- use the U-M VPN in order to log in to Flux from off campus. WHY: Flux login is restricted to campus IP addresses.
- have your jobs read their input and write their output to the /scratch filesystem, WHY:/scratch is much faster and more reliable than your Flux home directory.
- remember to load any modules your job needs each time after logging in to Flux but before submitting any jobs. Modules that you will always be using can be loaded automatically when you log in by putting the modules into your default module set. WHY: Software will not be available to your job if it is not loaded prior to submitting the job.

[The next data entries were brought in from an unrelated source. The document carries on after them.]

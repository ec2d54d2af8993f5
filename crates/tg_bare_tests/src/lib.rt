//! Tests of the machine with delayed branches, beside the machine without.
//!
//! The crate has nothing but tests. They stand apart from the crate that they call, since a crate
//! with tests is proved twice.
#![tactic(auto)]

#[cfg(test)]
mod delayed;
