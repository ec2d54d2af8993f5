// The theorem on the choice of instructions counts a unit each, and a law of its own turns that
// into any other count: thirteen words a unit, since a move between two places in the frame may
// be thirteen. Where flat code goes wrong, nothing is said of the instructions.

ghost use Rattle.tg_munch_proof.specs.laws.Chosen.{
  CodeKeepsCounts,
  CodeKeepsWords,
  MunchKeepsCounts,
  MunchIsCorrect,
  MunchKeepsWords,
};
ghost use Rattle.tg_munch_proof.specs.laws.Values.{BranchesCompare, ExpressionsGiveValues};

use tg_munch::code_is_marked;

/// The laws of values: the instructions of a flat expression come to its value, or end as it does,
/// in at most the units that it spends, and one more where an operand is asked for; and those of a
/// comparison of two come to its mark where the relation holds and go on where it doesn't, in at
/// most two units besides.
pub fn expressions_give_values()
    ensures expressions { ExpressionsGiveValues }
    ensures branches { BranchesCompare }
{}

/// The laws of counting: whatever the code, each of its runs is one where instructions are counted
/// otherwise, with the same fuel, output, input left and end. It does at most as many times the
/// work as one instruction counts at most; thirteen, where it counts the words that come of it.
pub fn code_keeps_counts()
    ensures counts { CodeKeepsCounts }
    ensures words { CodeKeepsWords }
{}

/// The laws of runs: instructions do what the flat code of their functions did. Each run of that
/// which doesn't go wrong is one of theirs, with at least as much fuel, the same output, input left
/// and end. Each counts a unit of work, and they do no more than the flat code did but for the
/// registers that the program's body keeps; counted otherwise, as many times that as one counts at
/// most, as where it counts the words that come of it.
pub fn munch_is_correct()
    ensures programs { MunchIsCorrect }
    ensures counts { MunchKeepsCounts }
    ensures words { MunchKeepsWords }
{
    code_is_marked();
}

- request 20% more than the maximum memory and maximum walltime you think your jobs might need. WHY: if a job exceeds the requested memory or walltime, it will be terminated before it can finish.

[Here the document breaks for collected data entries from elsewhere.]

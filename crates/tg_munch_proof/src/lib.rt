//! Correctness of instruction selection: instructions do what the flat code did.
//!
//! First those of expressions and comparisons, which come to the values of flat code; on these
//! stands the law of whole programs (Appel, chapter 9). It is a law of the definitions of that
//! choice and of both languages' runs.
#![tactic(auto)]

mod laws;

pub use laws::{code_keeps_counts, expressions_give_values, munch_is_correct};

- use “#PBS -j oe” in your PBS scripts to combine the PBS output and error messages into a single file. WHY: It is much easier to figure out what your job did (you won’t have to match up lines between the two files).
- submit lots of jobs at once rather than submitting one job and waiting for it to complete before submitting another. WHY: “keeping the queue full” will give you the overall best throughput and utilization for your Flux allocation.
- perform regular backups of all of your data on Flux yourself, including data in your home directory and in/scratch WHY: If you lose a file, the Flux staff can’t get it back for you.
- submit interactive jobs using “qsub -I”. WHY: Login nodes have a per-user resource limit of 8GB of memory and even splitting of CPU cycles among users.
- send any requests for help as a new email (not a reply to a previous email) to firstname.lastname@example.org. WHY: You’ll get quicker help if you don’t send email to individuals directly and don’t reply to old (unrelated) support tickets that may be closed already.
- run “qdel $(qselect -u $USER)” to delete all your jobs if you need to terminate all your jobs.
- run interactive jobs or do significant computation on the Flux login nodes. WHY: Login nodes have a per-user resource limit of 8GB of memory and even splitting of CPU cycles among users.
- use /scratch space for long-term storage; files that you’re not using for two weeks or longer should be moved to your home directory or another system. WHY: /scratch is a limited, shared resource; also, no files anywhere on Flux are backed up, and cannot be recovered if lost.
- run “qdel all” WHY: It will lock up the cluster scheduler for a long time trying to delete jobs that do not belong to you when you do not have the permission to delete them.